**EXERCISE AIM**
The output should be exactly the lines from the one containing "pub fn from_signed(width: Width, value: i64)" through the last line of the records, and only those.

**SUPPLIED MATERIAL**
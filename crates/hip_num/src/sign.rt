ghost use Rattle.std.specs.Prelude.{◌≡◌};
ghost use Rattle.hip_types.specs.Numbers.{bits, signed, wrapped};

use hip_types::{Bits, Width};

/// The integer read with a sign.
pub fn signed_value(a: Bits) -> i64
    ensures { result ≡ signed a.width a.value }
{
    let sign = a.width.sign_bit();
    if a.value < sign {
        a.value as i64
    } else {
        -((a.width.all_bits() - a.value) as i64) - 1
    }
}

/// A number with a sign modulo 2^N, as an integer of width N.
pub fn from_signed(width: Width, value: i64) -> Bits
    ensures { result ≡ bits width (wrapped width value) }
{
    Bits::new(width, value.cast_unsigned())
}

**SOLUTION TO THIS TASK**
pub fn from_signed(width: Width, value: i64) -> Bits
    ensures { result ≡ bits width (wrapped width value) }
{
    Bits::new(width, value.cast_unsigned())
}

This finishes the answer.